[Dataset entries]
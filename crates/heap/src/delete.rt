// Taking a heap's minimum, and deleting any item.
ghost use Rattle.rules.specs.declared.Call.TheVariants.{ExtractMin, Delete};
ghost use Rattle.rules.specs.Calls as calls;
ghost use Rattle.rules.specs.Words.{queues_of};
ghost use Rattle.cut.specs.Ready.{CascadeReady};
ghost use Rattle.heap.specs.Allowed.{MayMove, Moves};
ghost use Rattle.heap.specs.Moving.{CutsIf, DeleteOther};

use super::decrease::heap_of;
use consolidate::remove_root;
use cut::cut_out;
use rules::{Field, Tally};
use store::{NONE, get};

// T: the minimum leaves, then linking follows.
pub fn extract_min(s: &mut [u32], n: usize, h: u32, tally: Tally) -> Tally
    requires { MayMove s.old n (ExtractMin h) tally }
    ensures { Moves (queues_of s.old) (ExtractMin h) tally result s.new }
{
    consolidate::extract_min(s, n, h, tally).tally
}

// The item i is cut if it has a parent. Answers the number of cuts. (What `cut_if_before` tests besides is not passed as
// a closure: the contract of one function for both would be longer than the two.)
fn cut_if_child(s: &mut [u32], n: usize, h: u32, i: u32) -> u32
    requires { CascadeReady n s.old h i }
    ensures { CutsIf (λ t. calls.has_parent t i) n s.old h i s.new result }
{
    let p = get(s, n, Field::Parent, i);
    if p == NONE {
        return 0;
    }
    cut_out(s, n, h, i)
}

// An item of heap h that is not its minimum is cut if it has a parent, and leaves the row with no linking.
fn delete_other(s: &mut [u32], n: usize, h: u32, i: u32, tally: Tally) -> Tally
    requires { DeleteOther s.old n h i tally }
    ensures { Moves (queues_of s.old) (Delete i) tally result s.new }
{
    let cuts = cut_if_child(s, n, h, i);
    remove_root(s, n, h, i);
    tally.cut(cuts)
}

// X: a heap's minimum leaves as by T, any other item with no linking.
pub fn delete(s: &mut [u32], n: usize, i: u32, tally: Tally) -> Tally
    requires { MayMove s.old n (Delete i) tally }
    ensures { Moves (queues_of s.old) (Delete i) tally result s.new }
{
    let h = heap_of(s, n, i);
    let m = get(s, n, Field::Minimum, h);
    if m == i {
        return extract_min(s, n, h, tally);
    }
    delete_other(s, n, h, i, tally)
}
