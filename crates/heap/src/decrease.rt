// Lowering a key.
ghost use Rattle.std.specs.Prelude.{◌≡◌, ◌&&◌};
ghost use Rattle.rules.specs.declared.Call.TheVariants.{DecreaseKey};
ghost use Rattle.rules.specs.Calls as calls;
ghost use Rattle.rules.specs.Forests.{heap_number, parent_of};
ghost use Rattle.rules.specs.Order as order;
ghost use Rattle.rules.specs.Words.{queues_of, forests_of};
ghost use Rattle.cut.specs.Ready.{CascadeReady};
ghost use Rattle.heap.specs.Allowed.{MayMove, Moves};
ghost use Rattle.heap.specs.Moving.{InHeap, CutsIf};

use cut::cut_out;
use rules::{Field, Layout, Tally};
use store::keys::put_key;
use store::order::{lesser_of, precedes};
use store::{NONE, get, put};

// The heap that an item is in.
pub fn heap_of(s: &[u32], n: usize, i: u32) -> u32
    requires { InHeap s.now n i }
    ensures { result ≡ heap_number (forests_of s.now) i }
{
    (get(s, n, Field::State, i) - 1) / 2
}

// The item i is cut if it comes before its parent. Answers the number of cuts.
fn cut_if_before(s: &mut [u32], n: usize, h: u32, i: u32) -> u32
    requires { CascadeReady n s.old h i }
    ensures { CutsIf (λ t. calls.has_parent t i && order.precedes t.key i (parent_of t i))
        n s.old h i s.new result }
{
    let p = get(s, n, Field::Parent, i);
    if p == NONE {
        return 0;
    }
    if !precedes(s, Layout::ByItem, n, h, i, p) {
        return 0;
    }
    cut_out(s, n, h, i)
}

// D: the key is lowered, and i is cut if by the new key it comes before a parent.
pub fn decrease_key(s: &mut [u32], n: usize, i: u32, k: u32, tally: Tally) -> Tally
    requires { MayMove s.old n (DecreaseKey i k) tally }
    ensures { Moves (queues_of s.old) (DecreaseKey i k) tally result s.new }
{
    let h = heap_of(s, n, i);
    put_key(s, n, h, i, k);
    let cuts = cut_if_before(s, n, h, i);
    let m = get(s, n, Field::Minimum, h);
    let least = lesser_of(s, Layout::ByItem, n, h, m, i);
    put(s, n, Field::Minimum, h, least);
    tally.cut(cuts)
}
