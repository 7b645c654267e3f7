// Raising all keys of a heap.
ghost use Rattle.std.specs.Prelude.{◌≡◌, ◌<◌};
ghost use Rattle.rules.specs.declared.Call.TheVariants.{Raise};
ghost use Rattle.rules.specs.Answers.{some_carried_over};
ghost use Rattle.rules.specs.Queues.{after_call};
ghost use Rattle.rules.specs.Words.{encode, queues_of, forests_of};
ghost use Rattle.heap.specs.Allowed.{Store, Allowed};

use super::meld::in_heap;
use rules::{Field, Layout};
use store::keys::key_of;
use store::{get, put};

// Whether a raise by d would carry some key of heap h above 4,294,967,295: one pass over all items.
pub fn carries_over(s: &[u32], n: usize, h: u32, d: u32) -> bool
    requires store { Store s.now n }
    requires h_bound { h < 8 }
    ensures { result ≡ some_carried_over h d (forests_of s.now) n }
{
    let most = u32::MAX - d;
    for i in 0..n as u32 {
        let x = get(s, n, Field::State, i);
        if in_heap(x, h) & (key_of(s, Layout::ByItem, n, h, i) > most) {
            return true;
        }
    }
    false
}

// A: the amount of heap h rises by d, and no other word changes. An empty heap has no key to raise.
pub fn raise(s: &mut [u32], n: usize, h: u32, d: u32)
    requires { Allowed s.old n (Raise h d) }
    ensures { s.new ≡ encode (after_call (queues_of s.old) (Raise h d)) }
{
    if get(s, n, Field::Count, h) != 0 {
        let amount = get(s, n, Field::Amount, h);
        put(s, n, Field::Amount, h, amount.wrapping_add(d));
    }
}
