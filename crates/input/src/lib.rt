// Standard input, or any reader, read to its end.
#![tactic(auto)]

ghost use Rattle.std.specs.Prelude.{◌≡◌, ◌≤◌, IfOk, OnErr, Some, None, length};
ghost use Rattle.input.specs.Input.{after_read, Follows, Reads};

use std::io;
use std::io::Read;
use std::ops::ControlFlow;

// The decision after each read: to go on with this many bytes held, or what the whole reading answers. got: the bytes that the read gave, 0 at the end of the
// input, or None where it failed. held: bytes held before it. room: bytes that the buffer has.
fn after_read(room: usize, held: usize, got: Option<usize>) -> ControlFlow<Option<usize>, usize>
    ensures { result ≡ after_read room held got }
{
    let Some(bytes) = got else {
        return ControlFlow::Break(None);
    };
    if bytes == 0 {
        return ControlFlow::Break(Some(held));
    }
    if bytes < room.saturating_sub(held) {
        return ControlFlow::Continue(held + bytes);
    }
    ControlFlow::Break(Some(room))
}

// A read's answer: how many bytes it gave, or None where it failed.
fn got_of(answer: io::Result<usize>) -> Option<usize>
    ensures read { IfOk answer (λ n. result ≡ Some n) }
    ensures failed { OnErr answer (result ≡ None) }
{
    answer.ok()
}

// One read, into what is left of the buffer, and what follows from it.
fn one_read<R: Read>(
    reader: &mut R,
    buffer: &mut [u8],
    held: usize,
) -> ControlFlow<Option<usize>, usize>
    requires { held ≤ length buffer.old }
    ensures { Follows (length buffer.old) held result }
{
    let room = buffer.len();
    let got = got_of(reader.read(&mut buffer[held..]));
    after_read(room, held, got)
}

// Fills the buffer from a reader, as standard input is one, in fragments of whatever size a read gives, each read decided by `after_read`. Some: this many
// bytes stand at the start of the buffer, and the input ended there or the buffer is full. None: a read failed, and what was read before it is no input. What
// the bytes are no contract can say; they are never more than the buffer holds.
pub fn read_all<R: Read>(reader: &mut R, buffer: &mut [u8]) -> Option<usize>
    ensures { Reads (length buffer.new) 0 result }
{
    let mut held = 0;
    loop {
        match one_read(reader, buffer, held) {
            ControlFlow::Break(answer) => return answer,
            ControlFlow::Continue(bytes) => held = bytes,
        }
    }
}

TASK DESCRIPTION: Each line above from the one with "deleting any item." up to and including the one with "fn cut_if_child(s: &mut" must be set down exactly, and no line outside that span may appear.

ANSWER TO THIS EXERCISE:
// Taking a heap's minimum, and deleting any item.
ghost use Rattle.rules.specs.declared.Call.TheVariants.{ExtractMin, Delete};
ghost use Rattle.rules.specs.Calls as calls;
ghost use Rattle.rules.specs.Words.{queues_of};
ghost use Rattle.cut.specs.Ready.{CascadeReady};
ghost use Rattle.heap.specs.Allowed.{MayMove, Moves};
ghost use Rattle.heap.specs.Moving.{CutsIf, DeleteOther};

use super::decrease::heap_of;
use consolidate::remove_root;
use cut::cut_out;
use rules::{Field, Tally};
use store::{NONE, get};

// T: the minimum leaves, then linking follows.
pub fn extract_min(s: &mut [u32], n: usize, h: u32, tally: Tally) -> Tally
    requires { MayMove s.old n (ExtractMin h) tally }
    ensures { Moves (queues_of s.old) (ExtractMin h) tally result s.new }
{
    consolidate::extract_min(s, n, h, tally).tally
}

// The item i is cut if it has a parent. Answers the number of cuts. (What `cut_if_before` tests besides is not passed as
// a closure: the contract of one function for both would be longer than the two.)
fn cut_if_child(s: &mut [u32], n: usize, h: u32, i: u32) -> u32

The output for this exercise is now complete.